● **Your task**: What is needed here is an exact repetition of the records below, beginning at the line that has "λ s. regex_source" and stopping after the line that has "Validation, section 6.1.1).".

● **Data records**:
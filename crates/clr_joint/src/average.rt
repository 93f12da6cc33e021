// The averages of one week, one for each summary after it and list of stocks.
ghost use Rattle.clr_joint.specs.BySummary.{average_into, by_place, summary_value};
ghost use Rattle.clr_model.specs.Stocks.{lists_of, place_in, stocks_at};
ghost use Rattle.clr_model.specs.Fits.{fits};
ghost use Rattle.clr_model.specs.JointWeek.{joint_base, joint_weighed};
ghost use Rattle.clr_model.specs.Revenue.{full_stocks};
ghost use Rattle.clr_season.specs.Season.{IsSeason};
ghost use Rattle.clr_rows.specs.Rows.{AreRows, AreWithin};
ghost use Rattle.clr_rows.specs.Summaries.{live_week};
ghost use Rattle.std.specs.Prelude.{◌≡◌, ℕ, suc, ◌<◌, ◌≤◌, ◌*◌, pos, length, get_or, IfOk, IsTrue};

use crate::fold::fold_row;
use clr_num::{Direction, Divisor};
use clr_rows::row_of;
use clr_rules::Summary;
use clr_season::Season;
use std::alloc::{AllocError, Global};

/// The base to the number of stores: what the chances of a week sum to.
fn base_of_all(season: &Season) -> Divisor
    requires { IsTrue (fits season.now) }
    ensures value { result ≡ joint_base season.now }
    ensures facts { IsSeason season.now }
{
    Divisor::new(u64::from(season.base()).pow(season.stores()))
}

/// For each list of stocks the average over a week's joint demands of what all stores earn on a rung and the value in `row` of what
/// is left, rounded in the direction `R`. Nothing is paid for relabelling.
fn average_row<R: Direction>(
    alloc: Global,
    season: &Season,
    done: u32,
    rung: u32,
    row: &[i64],
) -> Result<Vec<i64>, AllocError>
    requires fits { IsTrue (fits season.now) }
    requires early { done < season.now.rules.weeks }
    requires low { 1 ≤ rung }
    requires high { rung ≤ length season.now.rules.prices }
    requires size { length row.now ≡ lists_of (full_stocks season.now) }
    requires within { AreWithin 1000000000000000000 row.now }
    ensures size { IfOk result (λ averages. length averages.items ≡ length row.now) }
    ensures within { IfOk result (λ averages. AreWithin 2000000000000000000 averages.items) }
    ensures each { IfOk result (λ averages. (place : ℕ) → place < length row.now → get_or averages.items place (pos 0) ≡ R.quotient (joint_weighed season.now done rung rung (stocks_at (full_stocks season.now) place) (λ week rest. get_or row.now (place_in (full_stocks season.now) rest) (pos 0))) (joint_base season.now)) }
{
    let items = fold_row(alloc, season, done, rung, row)?;
    let base = base_of_all(season);
    let mut averages = Vec::with_capacity(alloc, items.len())?;
    for item in &items {
        averages.push(R::div_by(*item, &base) as i64)?;
    }
    Ok(averages)
}

/// For each live summary after a week, the averages over the week's joint demands of what all stores earn and of the values after it,
/// by lists of stocks. Nothing is paid for relabelling.
///
/// The last rung of a summary is that of the week which ends in it, so the average depends on the summary after the week alone
/// and is made once for all summaries before it.
pub fn average_rows<R: Direction>(
    alloc: Global,
    season: &Season,
    done: u32,
    width: usize,
    list: &[Summary],
    after: &[i64],
) -> Result<Vec<i64>, AllocError>
    requires season { IsSeason season.now }
    requires fits { IsTrue (fits season.now) }
    requires early { done < season.now.rules.weeks }
    requires width { width ≡ lists_of (full_stocks season.now) }
    requires list { list.now ≡ live_week season.now.rules (suc done) }
    requires after { AreRows (pos 0) width list.now (length list.now) (by_place season.now (summary_value R.quotient season.now (suc done))) after.now }
    requires within { AreWithin 1000000000000000000 after.now }
    ensures rows { IfOk result (λ rows. AreRows (pos 0) width list.now (length list.now) (by_place season.now (average_into R.quotient season.now done)) rows.items) }
    ensures within { IfOk result (λ rows. AreWithin 2000000000000000000 rows.items) }
{
    let mut rows = Vec::with_capacity(alloc, after.len())?;
    for (place, s) in list.iter().enumerate() {
        let row = row_of(after, width, place);
        let averages = average_row::<R>(alloc, season, done, s.last, row)?;
        rows.extend_from_slice(&averages)?;
    }
    Ok(rows)
}
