//! The least pair of equal items (JSON Schema Validation, section 6.4.3).
ghost use Rattle.std.specs.Prelude.{◌≡◌, ◌≤◌, IfOk, Some, map, drop, length, string_bytes};
ghost use Rattle.js_doc.specs.Seen.{value_of};
ghost use Rattle.js_doc.specs.Parts.{items_of};
ghost use Rattle.js_assert.specs.Arrays.{first_equal, equal_pair, pair_text};

use crate::text_parts::put_number;
use js_doc::{Doc, Memory};
use std::alloc::Global;
use std::collections::BTreeSet;

// Up to this many items are compared with one another directly.
const FEW_ITEMS: usize = 16;

/// The least position that has an equal later one, with the least such later one.
pub(crate) fn least_equal_pair(
    alloc: Global,
    docs: &[Doc],
) -> Result<Option<(usize, usize)>, Memory>
    ensures { IfOk result (λ pair. pair ≡ equal_pair 0 (map value_of docs.now)) }
{
    let start = first_repeated(alloc, docs)?;
    for i in start..docs.len() {
        if let Some(j) = first_equal_from(docs, i + 1, &docs[i]) {
            return Ok(Some((i, j)));
        }
    }
    Ok(None)
}

// The first position whose item can have an equal later one: one with the same text. So the search for the pair
// ends with its first item, and n items take n insertions into a set.
fn first_repeated(alloc: Global, docs: &[Doc]) -> Result<usize, Memory>
    ensures within { IfOk result (λ start. start ≤ length docs.now) }
    ensures skipped { IfOk result (λ start.
        equal_pair 0 (map value_of docs.now) ≡ equal_pair start (map value_of (drop start docs.now))) }
{
    if docs.len() < FEW_ITEMS {
        return Ok(0);
    }
    let mut first = docs.len();
    let mut later = BTreeSet::new(alloc);
    for i in (0..docs.len()).rev() {
        if later.insert(js_doc::text(alloc, &docs[i])?)? {
            continue;
        }
        first = i;
    }
    Ok(first)
}

// The position of the first that equals `doc`, from `start` on.
fn first_equal_from(docs: &[Doc], start: usize, doc: &Doc) -> Option<usize>
    requires { start ≤ length docs.now }
    ensures { result ≡ first_equal (value_of doc.now) start (map value_of (drop start docs.now)) }
{
    for j in start..docs.len() {
        if doc == &docs[j] {
            return Some(j);
        }
    }
    None
}

/// The least pair of equal items, by their positions.
pub(crate) fn equal_items(alloc: Global, value: &Doc) -> Result<String, Memory>
    ensures { IfOk result (λ s. string_bytes s ≡ pair_text (equal_pair 0 (items_of (value_of value.now)))) }
{
    let Doc::List(items) = value else {
        return Ok(String::new(alloc));
    };
    match least_equal_pair(alloc, items.as_slice())? {
        Some(pair) => equal_text(alloc, pair),
        None => Ok(String::new(alloc)),
    }
}

fn equal_text(alloc: Global, pair: (usize, usize)) -> Result<String, Memory>
    ensures { IfOk result (λ s. string_bytes s ≡ pair_text (Some pair)) }
{
    let mut text = String::from_str(alloc, "items ")?;
    put_number(&mut text, pair.0)?;
    text.push_str(" and ")?;
    put_number(&mut text, pair.1)?;
    text.push_str(" are equal")?;
    Ok(text)
}
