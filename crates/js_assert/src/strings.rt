//! The assertions on strings (JSON Schema Validation, section 6.3). A value of another type passes.
ghost use Rattle.std.specs.Prelude.{◌≡◌, IfOk, IfErr, string_bytes};
ghost use Rattle.js_doc.specs.Seen.{value_of};
ghost use Rattle.js_assert.specs.Argument.{on_string, string};
ghost use Rattle.js_assert.specs.Seen.{IsTestOf};
ghost use Rattle.js_assert.specs.Shape.{IsFaultOf};
ghost use Rattle.js_assert.specs.Strings.{characters, string_argument, string_keyword, string_says, string_text};

use crate::argument_shape::{count, pattern_argument};
use crate::assertion::Test;
use crate::fault::KeywordFault;
use crate::pattern::Pattern;
use crate::text_parts::{at_least, at_most, words};
use js_doc::{Doc, Memory, character_count};
use js_keyword::{AssertionKeyword, StringKeyword};
use std::alloc::Global;

/// What a keyword tests, with its argument read.
#[derive(Drop)]
pub(crate) enum StringTest {
    MaxLength(u64),
    MinLength(u64),
    Pattern(Pattern),
}

impl StringTest {
    pub(crate) fn read(
        alloc: Global,
        keyword: StringKeyword,
        argument: &Doc,
    ) -> Result<StringTest, KeywordFault>
        ensures ok { IfOk result
            (λ t. IsTestOf (AssertionKeyword.String keyword) (value_of argument.now) (Test.String t)) }
        ensures refused { IfErr result (IsFaultOf (AssertionKeyword.String keyword) (value_of argument.now)) }
    {
        match keyword {
            StringKeyword::MaxLength => Ok(StringTest::MaxLength(count(argument)?)),
            StringKeyword::MinLength => Ok(StringTest::MinLength(count(argument)?)),
            StringKeyword::Pattern => Ok(StringTest::Pattern(pattern_argument(alloc, argument)?)),
        }
    }

    pub(crate) fn keyword(&self) -> StringKeyword
        ensures { result ≡ string_keyword self.now }
    {
        match self {
            StringTest::MaxLength(_) => StringKeyword::MaxLength,
            StringTest::MinLength(_) => StringKeyword::MinLength,
            StringTest::Pattern(_) => StringKeyword::Pattern,
        }
    }

    /// Whether the value meets the test.
    ///
    /// # Errors
    /// `Memory`: a pattern needs some.
    pub(crate) fn holds(&self, alloc: Global, value: &Doc) -> Result<bool, Memory>
        ensures { IfOk result (λ b. b
            ≡ on_string (value_of value.now) (string_says (string_argument self.now) (string_keyword self.now))) }
    {
        match value {
            Doc::Text(text) => self.is_met_by(alloc, text.as_str()),
            _ => Ok(true),
        }
    }

    fn is_met_by(&self, alloc: Global, text: &str) -> Result<bool, Memory>
        ensures { IfOk result (λ b. b
            ≡ string_says (string_argument self.now) (string_keyword self.now) text.now) }
    {
        match self {
            StringTest::MaxLength(limit) => Ok(character_count(text) <= *limit),
            StringTest::MinLength(limit) => Ok(*limit <= character_count(text)),
            StringTest::Pattern(pattern) => pattern.holds(alloc, text),
        }
    }

    /// The text of the error for a value that doesn't meet the test.
    pub(crate) fn error_text(&self, alloc: Global, value: &Doc) -> Result<String, Memory>
        ensures { IfOk result (λ s. string_bytes s
            ≡ string_text (string_argument self.now) (value_of value.now) (string_keyword self.now)) }
    {
        match self {
            StringTest::MaxLength(limit) => at_most(alloc, length(value), " characters", *limit),
            StringTest::MinLength(limit) => at_least(alloc, length(value), " characters", *limit),
            StringTest::Pattern(_) => words(alloc, "no match"),
        }
    }
}

// How many characters the value has, if it is a string.
fn length(value: &Doc) -> u64
    ensures { result ≡ characters (string (value_of value.now)) }
{
    match value {
        Doc::Text(text) => character_count(text.as_str()),
        _ => 0,
    }
}
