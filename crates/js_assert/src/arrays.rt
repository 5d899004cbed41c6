//! The assertions on arrays (JSON Schema Validation, section 6.4). A value of another type passes.
#![tactic(auto, using(crate::proofs::ListedValues::array_rules))]

ghost use Rattle.std.specs.Prelude.{◌≡◌, IfOk, IfErr, length, map, string_bytes};
ghost use Rattle.js_doc.specs.Seen.{value_of};
ghost use Rattle.js_doc.specs.Parts.{items_of};
ghost use Rattle.js_assert.specs.Argument.{implies, on_array};
ghost use Rattle.js_assert.specs.Arrays.{array_argument, array_keyword, array_says, array_text, is_unique};
ghost use Rattle.js_assert.specs.Seen.{IsTestOf};
ghost use Rattle.js_assert.specs.Shape.{IsFaultOf};

use crate::argument_shape::{boolean, count};
use crate::assertion::Test;
use crate::fault::KeywordFault;
use crate::text_parts::{at_least, at_most};
use crate::unique::{equal_items, least_equal_pair};
use js_doc::{Doc, Memory};
use js_keyword::{ArrayKeyword, AssertionKeyword};
use std::alloc::Global;

/// What a keyword tests, with its argument read.
#[derive(Drop)]
pub(crate) enum ArrayTest {
    MaxItems(u64),
    MinItems(u64),
    UniqueItems(bool),
    MaxContains(u64),
    MinContains(u64),
}

impl ArrayTest {
    pub(crate) fn read(keyword: ArrayKeyword, argument: &Doc) -> Result<ArrayTest, KeywordFault>
        ensures ok { IfOk result
            (λ t. IsTestOf (AssertionKeyword.Array keyword) (value_of argument.now) (Test.Array t)) }
        ensures refused { IfErr result (IsFaultOf (AssertionKeyword.Array keyword) (value_of argument.now)) }
    {
        match keyword {
            ArrayKeyword::MaxItems => Ok(ArrayTest::MaxItems(count(argument)?)),
            ArrayKeyword::MinItems => Ok(ArrayTest::MinItems(count(argument)?)),
            ArrayKeyword::UniqueItems => Ok(ArrayTest::UniqueItems(boolean(argument)?)),
            ArrayKeyword::MaxContains => Ok(ArrayTest::MaxContains(count(argument)?)),
            ArrayKeyword::MinContains => Ok(ArrayTest::MinContains(count(argument)?)),
        }
    }

    pub(crate) fn keyword(&self) -> ArrayKeyword
        ensures { result ≡ array_keyword self.now }
    {
        match self {
            ArrayTest::MaxItems(_) => ArrayKeyword::MaxItems,
            ArrayTest::MinItems(_) => ArrayKeyword::MinItems,
            ArrayTest::UniqueItems(_) => ArrayKeyword::UniqueItems,
            ArrayTest::MaxContains(_) => ArrayKeyword::MaxContains,
            ArrayTest::MinContains(_) => ArrayKeyword::MinContains,
        }
    }

    /// Whether the value meets the test, beside `contains` or not; `matching` of its items match that `contains`.
    ///
    /// # Errors
    /// `Memory`: `uniqueItems` needs some.
    pub(crate) fn holds(
        &self,
        alloc: Global,
        beside_contains: bool,
        value: &Doc,
        matching: u64,
    ) -> Result<bool, Memory>
        ensures { IfOk result (λ b. b ≡ on_array (value_of value.now)
            (array_says (array_argument self.now) beside_contains matching (array_keyword self.now))) }
    {
        match value {
            Doc::List(items) => self.is_met_by(alloc, beside_contains, items.as_slice(), matching),
            _ => Ok(true),
        }
    }

    fn is_met_by(
        &self,
        alloc: Global,
        beside_contains: bool,
        items: &[Doc],
        matching: u64,
    ) -> Result<bool, Memory>
        ensures { IfOk result (λ b. b ≡ array_says (array_argument self.now) beside_contains matching
            (array_keyword self.now) (map value_of items.now)) }
    {
        match self {
            ArrayTest::MaxItems(limit) => Ok(items.len() as u64 <= *limit),
            ArrayTest::MinItems(limit) => Ok(*limit <= items.len() as u64),
            ArrayTest::UniqueItems(asked) => has_no_repeats(alloc, *asked, items),
            ArrayTest::MaxContains(limit) => Ok(!beside_contains || matching <= *limit),
            ArrayTest::MinContains(limit) => Ok(!beside_contains || *limit <= matching),
        }
    }

    /// The text of the error for a value that doesn't meet the test.
    pub(crate) fn error_text(
        &self,
        alloc: Global,
        value: &Doc,
        matching: u64,
    ) -> Result<String, Memory>
        ensures { IfOk result (λ s. string_bytes s
            ≡ array_text (array_argument self.now) (value_of value.now) matching (array_keyword self.now)) }
    {
        match self {
            ArrayTest::MaxItems(limit) => at_most(alloc, array_length(value), " items", *limit),
            ArrayTest::MinItems(limit) => at_least(alloc, array_length(value), " items", *limit),
            ArrayTest::UniqueItems(_) => equal_items(alloc, value),
            ArrayTest::MaxContains(limit) => at_most(alloc, matching, " matching items", *limit),
            ArrayTest::MinContains(limit) => at_least(alloc, matching, " matching items", *limit),
        }
    }
}

// Whether no two items are equal, where that is asked.
fn has_no_repeats(alloc: Global, asked: bool, items: &[Doc]) -> Result<bool, Memory>
    ensures { IfOk result (λ b. b ≡ implies asked (is_unique (map value_of items.now))) }
{
    if !asked {
        return Ok(true);
    }
    Ok(least_equal_pair(alloc, items)?.is_none())
}

// How many items the value has, if it is an array.
fn array_length(value: &Doc) -> u64
    ensures { result ≡ length (items_of (value_of value.now)) }
{
    match value {
        Doc::List(items) => items.len() as u64,
        _ => 0,
    }
}
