ghost use Rattle.std.specs.Prelude.{◌≡◌, IfOk};
ghost use Rattle.regex.specs.Strings.{regex_source};
ghost use Rattle.js_assert.specs.Pattern.{IsCompiled};

use js_doc::Memory;
use regex::{Matcher, Regex};
use std::alloc::Global;
use std::marker::Model;

/// Searches for one pattern in one text after another. What it works with is kept from one search to the next, so only
/// the first is slow. Contracts see it as the pattern's text.
#[derive(Drop)]
pub struct Searcher<'p> {
    regex: &'p Regex,
    // A matcher is large, and a searcher is kept while others are made.
    matcher: Box<Matcher<'p>>,
}

impl<'p> Model for Searcher<'p> {
    ghost use Rattle.std.specs.Prelude.{ℕ, List};
    ghost use Rattle.regex.specs.Strings.{regex_source};
    ghost use Rattle.js_assert.specs.Pattern.{IsSearchedBy};

    ghost Value = { List ℕ };

    ghost view = { λ s. regex_source s.regex.now };

    ghost invariant = { λ s. IsSearchedBy s.regex.now s.matcher.value };
}

impl<'p> Searcher<'p> {
    ghost use Rattle.js_assert.specs.Pattern.{matches};

    pub(crate) fn new(alloc: Global, regex: &'p Regex) -> Result<Searcher<'p>, Memory>
        requires { IsCompiled regex.now }
        ensures { IfOk result (λ s. s ≡ regex_source regex.now) }
    {
        let matcher = Box::new(alloc, regex.matcher(alloc)?)?;
        Ok(Searcher { regex, matcher })
    }

    /// Whether the pattern matches somewhere in the text.
    pub fn holds(&mut self, text: &str) -> bool
        ensures found { result ≡ matches self.old text.now }
        ensures same { self.new ≡ self.old }
    {
        self.matcher.is_match(text)
    }
}
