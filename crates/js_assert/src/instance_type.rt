//! The types that `type` can name (JSON Schema Validation, section 6.1.1).
ghost use Rattle.std.specs.Prelude.{◌≡◌, IfSome, is_some};
ghost use Rattle.js_assert.specs.ArgumentShape.{is_type_name};
ghost use Rattle.std.specs.List.{list_any};
ghost use Rattle.js_doc.specs.Seen.{value_of};
ghost use Rattle.js_assert.specs.AnyType.{is_type_of};
ghost use Rattle.js_assert.specs.Types.{type_name};

use js_doc::Doc;

#[derive(Clone, Copy, PartialEq, Eq)]
pub(crate) enum InstanceType {
    Null,
    Boolean,
    Object,
    Array,
    Number,
    Text,
    Integer,
}

impl InstanceType {
    /// The type of this name.
    pub(crate) fn type_named(name: &str) -> Option<InstanceType>
        ensures some { IfSome result (λ t. type_name t ≡ name.now) }
        ensures exact { is_some result ≡ is_type_name name.now }
    {
        match name {
            "null" => Some(InstanceType::Null),
            "boolean" => Some(InstanceType::Boolean),
            "object" => Some(InstanceType::Object),
            "array" => Some(InstanceType::Array),
            "number" => Some(InstanceType::Number),
            "string" => Some(InstanceType::Text),
            "integer" => Some(InstanceType::Integer),
            _ => None,
        }
    }

    /// Whether the value is of the type. Each number is an integer.
    pub(crate) fn takes(self, value: &Doc) -> bool
        ensures { result ≡ is_type_of (value_of value.now) (type_name self) }
    {
        match self {
            InstanceType::Null => matches!(value, Doc::Null),
            InstanceType::Boolean => matches!(value, Doc::Truth(_)),
            InstanceType::Object => matches!(value, Doc::Members(_)),
            InstanceType::Array => matches!(value, Doc::List(_)),
            InstanceType::Number => matches!(value, Doc::Whole(_)),
            InstanceType::Text => matches!(value, Doc::Text(_)),
            InstanceType::Integer => matches!(value, Doc::Whole(_)),
        }
    }
}

/// Whether the value is of one of the types.
pub(crate) fn is_of_any(types: &[InstanceType], value: &Doc) -> bool
    ensures { result ≡ list_any (λ t. is_type_of (value_of value.now) (type_name t)) types.now }
{
    types.iter().any(|one| one.takes(value))
}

● **Solved exercise**:
    ghost view = { λ s. regex_source s.regex.now };

    ghost invariant = { λ s. IsSearchedBy s.regex.now s.matcher.value };
}

impl<'p> Searcher<'p> {
    ghost use Rattle.js_assert.specs.Pattern.{matches};

    pub(crate) fn new(alloc: Global, regex: &'p Regex) -> Result<Searcher<'p>, Memory>
        requires { IsCompiled regex.now }
        ensures { IfOk result (λ s. s ≡ regex_source regex.now) }
    {
        let matcher = Box::new(alloc, regex.matcher(alloc)?)?;
        Ok(Searcher { regex, matcher })
    }

    /// Whether the pattern matches somewhere in the text.
    pub fn holds(&mut self, text: &str) -> bool
        ensures found { result ≡ matches self.old text.now }
        ensures same { self.new ≡ self.old }
    {
        self.matcher.is_match(text)
    }
}
filename crates/js_assert/src/instance_type.rt
//! The types that `type` can name (JSON Schema Validation, section 6.1.1).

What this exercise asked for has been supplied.